Já a direita, na sua visão, defende um projeto claro de desenvolvimento nacional, sob a lógica simples de ampliar o bolo da economia para que cada brasileiro receba uma fatia maior. “Isso significa estimular o crescimento produtivo, gerar empregos, aumentar a renda e criar um ambiente em que a família possa prosperar com dignidade e viver em paz. Em vez de distribuir esmolas para manter o povo dependente, busca oferecer condições reais para que cada cidadão tenha independência e futuro”, conclui.

Em recente artigo n’APALAVRA ONLINE, Emir Candeia avaliou que “o Brasil vive um contraste nítido entre dois projetos de País. De um lado, a esquerda que hoje governa e cuja prioridade é manter-se no poder, distribuindo migalhas como se fossem conquistas históricas e cultivando uma retórica emocional que tenta convencer o povo de que é sua defensora natural. De outro lado, a direita surge com a proposta de um Brasil que cresce pelo trabalho, pela ordem e pela família, oferecendo uma visão de futuro baseada no desenvolvimento econômico e na geração de riquezas”.

Emir entende que “o Brasil precisa escolher qual caminho seguir. Continuar preso a um governo que vive de discursos e mantém o povo em dependência, ou apostar em uma visão que promove trabalho, ordem, progresso e prosperidade real. A esquerda já mostrou que sua prioridade é o poder; a direita demonstra que sua prioridade é o Brasil. A verdade é simples: a esquerda fala para as elites acadêmicas e para os militantes, não para a população que trabalha e pega ônibus lotado. É um governo que protege o sistema, mas não protege o cidadão comum.”
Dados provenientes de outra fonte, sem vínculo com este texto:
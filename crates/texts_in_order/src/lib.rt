//! Texts that are written in the order of their numbers, whatever the order in which they become known.
//! The report of a shift is written so.
#![tactic(auto)]

mod in_order;
mod text;

pub use in_order::TextsInOrder;
pub use text::{Text, Texts};
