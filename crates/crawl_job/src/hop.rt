//! The hops of a job: each fetch of a page, or why there is none.
//! RFC 9309, sections 2.2 and 2.3.1; RFC 9110, section 15.4.
use gate_core::Denial;
use gate_history::Reason;
use http_wire::WireFault;
use permit_book::PermitNo;
use robots_fetch::Stop;

/// A hop of a job. A page with a redirect status is followed by its target's hop; every other hop is the
/// last.
#[derive(Drop)]
pub enum Hop {
    /// This permit fetched a page.
    Page {
        number: PermitNo,
        /// Why it was allowed.
        reason: Reason,
        status: u16,
        /// The octets taken of its body.
        length: u64,
        /// Whether its body is longer.
        cut: bool,
    },
    /// The robots answer does not allow it, or there is none.
    No(Denial),
    /// Its fetch failed.
    Fault {
        number: PermitNo,
        fault: WireFault,
    },
    /// No permit, though no robots answer denied it.
    Err(Refusal),
    /// The redirect before it is not followed.
    Stop(Stop),
}

/// Why a gate grants no permit, or begins no turn, though no robots answer denies it.
#[derive(Clone, Copy, Debug, PartialEq, Eq)]
pub enum Refusal {
    /// The authority is unknown, and the limit is reached.
    AuthoritiesFull,
    /// The history has no room.
    LogFull,
    /// The authority is at its limit of permits.
    Busy,
    /// No slot is free.
    PermitsFull,
    /// An allocation failed.
    NoMemory,
}
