//! What can be written as a text, or as several.
//! Implemented by those who know the words of the texts.
ghost use Rattle.std.specs.Prelude.{◌≡◌, ◌<◌, ℕ, List, length};
ghost use Rattle.texts_in_order.specs.Order.{text_at};
ghost use Rattle.counted_io.specs.Output.{Pushes};

use counted_io::{DeviceFault, Output, Sink};

/// What can be written as a text.
pub trait Text {
    /// The text's octets.
    ghost octets: { Self → List ℕ };

    /// Pushes the text.
    fn push<W: Sink>(&self, output: &mut Output, sink: &mut W) -> Result<(), DeviceFault>
        ensures { Pushes (W.written sink.old) (W.written sink.new)
            (W.failures sink.old) (W.failures sink.new) output.old output.new
            (octets self.now) result };
}

/// Texts with the numbers from 0 on.
pub trait Texts {
    /// The octets of each text.
    ghost texts: { Self → List (List ℕ) };

    /// How many texts there are.
    fn count(&self) -> usize
        ensures { result ≡ length (texts self.now) };

    /// Pushes the text of a number.
    fn push_at<W: Sink>(
        &self,
        number: usize,
        output: &mut Output,
        sink: &mut W,
    ) -> Result<(), DeviceFault>
        requires { number < length (texts self.now) }
        ensures { Pushes (W.written sink.old) (W.written sink.new)
            (W.failures sink.old) (W.failures sink.new) output.old output.new
            (text_at (texts self.now) number) result };
}
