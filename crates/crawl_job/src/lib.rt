//! Crawlers' jobs, their hops and outcomes.
//! RFC 9309, sections 2.2 and 2.3.1.
#![tactic(auto)]

mod hop;
mod job;

pub use hop::{Hop, Refusal};
pub use job::{Job, Outcome};
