/// What the options and the bindings say of the module as a whole.
fn output_module(
    input: &LinkInput<'_, '_>,
    placing: &Placing<'_>,
    bindings: &Bindings<'_>,
) -> OutputModule
    requires { AreBindings input.now bindings.now }
    ensures { IsOutputModule input.now placing.now result }
{
    OutputModule {
        memory: match &input.args().import_memory {
            Some(_) => None,
            None => Some(placing.memory),
        },
        table: output_table(input, &bindings.scan),
        start_function: bindings.indices.init_memory(),
        shared_memory_tls: bindings.indices.needs().needs_tls_size,
    }
}

/// All parts that are made from where things lie, and the maps of the objects with their data, of a
/// link with that outline.
fn placed_parts<'a>(
    alloc: Global,
    input: &LinkInput<'_, 'a>,
    args: &'a WasmArgs,
    outline: &Outline<'a>,
    placing: &Placing<'a>,
    maps: ItemList<WasmObjectIndexMap>,
) -> Result<(ItemList<WasmObjectIndexMap>, OutputParts<'a>), LinkError>
    requires sound { AreSoundBodies input.now }
    requires outline { HasOutline input.now outline.now }
    requires placed { IsPlacing input.now placing.now }
    requires maps { AreIndexMaps input.now maps }
    requires few { AreFew input.now }
    requires wrapper_room { HasWrapperRoom input.now }
    requires segments { length (segment_space placing.now) ≤ MAX_ENTRIES }
    requires args { args.now ≡ input.now.link.args }
    ensures maps { IfOk result (λ r. AreWholeMaps input.now placing.now r.0) }
    ensures parts { IfOk result (λ r. HasPartsOf input.now placing.now r.1) }
    ensures clear { OnOk result (Clear (placed_fault input.now placing.now)) }
    ensures err { IfErr result (Refuses (placed_fault input.now placing.now)) }
{
    let starts = all_starts(alloc, input, placing)?;
    let book = AddressBook {
        input,
        placing,
        starts: starts.as_slice(),
    };
    let maps = whole_maps(alloc, &book, maps)?;
    check_exported(input, placing, outline.bindings.indices.exported())?;
    let things = PlacedThings {
        input,
        placing,
        bindings: &outline.bindings,
        maps: maps.as_slice(),
        functions: outline.functions.as_slice(),
        wrappers: outline.interface.wrappers.as_slice(),
    };
    let bindings = &outline.bindings;
    let exports = sources_of(input, args, bindings, maps.as_slice(), &outline.features);
    let parts = output_parts(alloc, &things, &book, &exports)?;
    Ok((maps, parts))
}

/// The types of the output, and no more of what the references are bound to.
///
/// # Errors
/// `AllocError` where memory runs out.
fn types_of(bindings: Bindings<'_>) -> Result<ItemList<FuncType>, AllocError>
    ensures { IfOk result (λ types. types ≡ bindings.entry.types) }
{
    bindings.types.into_types()
}
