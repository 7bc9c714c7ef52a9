// The rules of a step of crunching: the modes, a step's answer, and the bytes that give one byte by themselves. The definition of a step in
// each mode, plain, string, remark and DATA, is specs/Steps.antt; its laws stand in proofs/.
#![tactic(auto)]

ghost use Rattle.std.specs.Prelude.{◌≡◌};
ghost use Rattle.body_rules.specs.Steps.{one as one_byte, token as token_of, opened as opened_by};

pub mod short;

#[derive(Clone, Copy)]
pub enum Mode {
    Plain,
    String,
    Remark,
    Data,
    // Between the quotes of a part of Data.
    DataQuote,
}

// What a step writes, 64 if prefixed and then count copies of byte; the mode behind it; and how many bytes of the text it takes.
#[derive(Clone, Copy)]
pub struct Move {
    pub prefixed: bool,
    pub byte: u8,
    pub count: u64,
    pub mode: Mode,
    pub used: usize,
}

// A byte of the text gives a byte.
pub fn one(byte: u8, mode: Mode) -> Move
    ensures { result ≡ one_byte byte mode }
{
    Move {
        prefixed: false,
        byte,
        count: 1,
        mode,
        used: 1,
    }
}

// A word gives its token.
pub fn token(prefixed: bool, byte: u8, mode: Mode, used: usize) -> Move
    ensures { result ≡ token_of prefixed byte mode used }
{
    Move {
        prefixed,
        byte,
        count: 1,
        mode,
        used,
    }
}

// The mode behind a word.
pub fn opened(token: u8) -> Mode
    ensures { result ≡ opened_by token }
{
    match token {
        0x8F => Mode::Remark,
        0x83 => Mode::Data,
        _ => Mode::Plain,
    }
}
A sua visão é de que “a direita fala a língua do povo. Denuncia a corrupção, cobra segurança, defende a liberdade de expressão e bate de frente com privilégios de Brasília. Pode até incomodar com a forma, mas conquista pela sinceridade. Não há ensaio: há convicção. A esquerda se perde em promessas vagas e discursos ideológicos, a direita oferece clareza e coragem. Por isso cresce. O brasileiro comum não quer teorias: quer solução. Quer rua segura, escola que funcione e salário que chegue até o fim do mês”.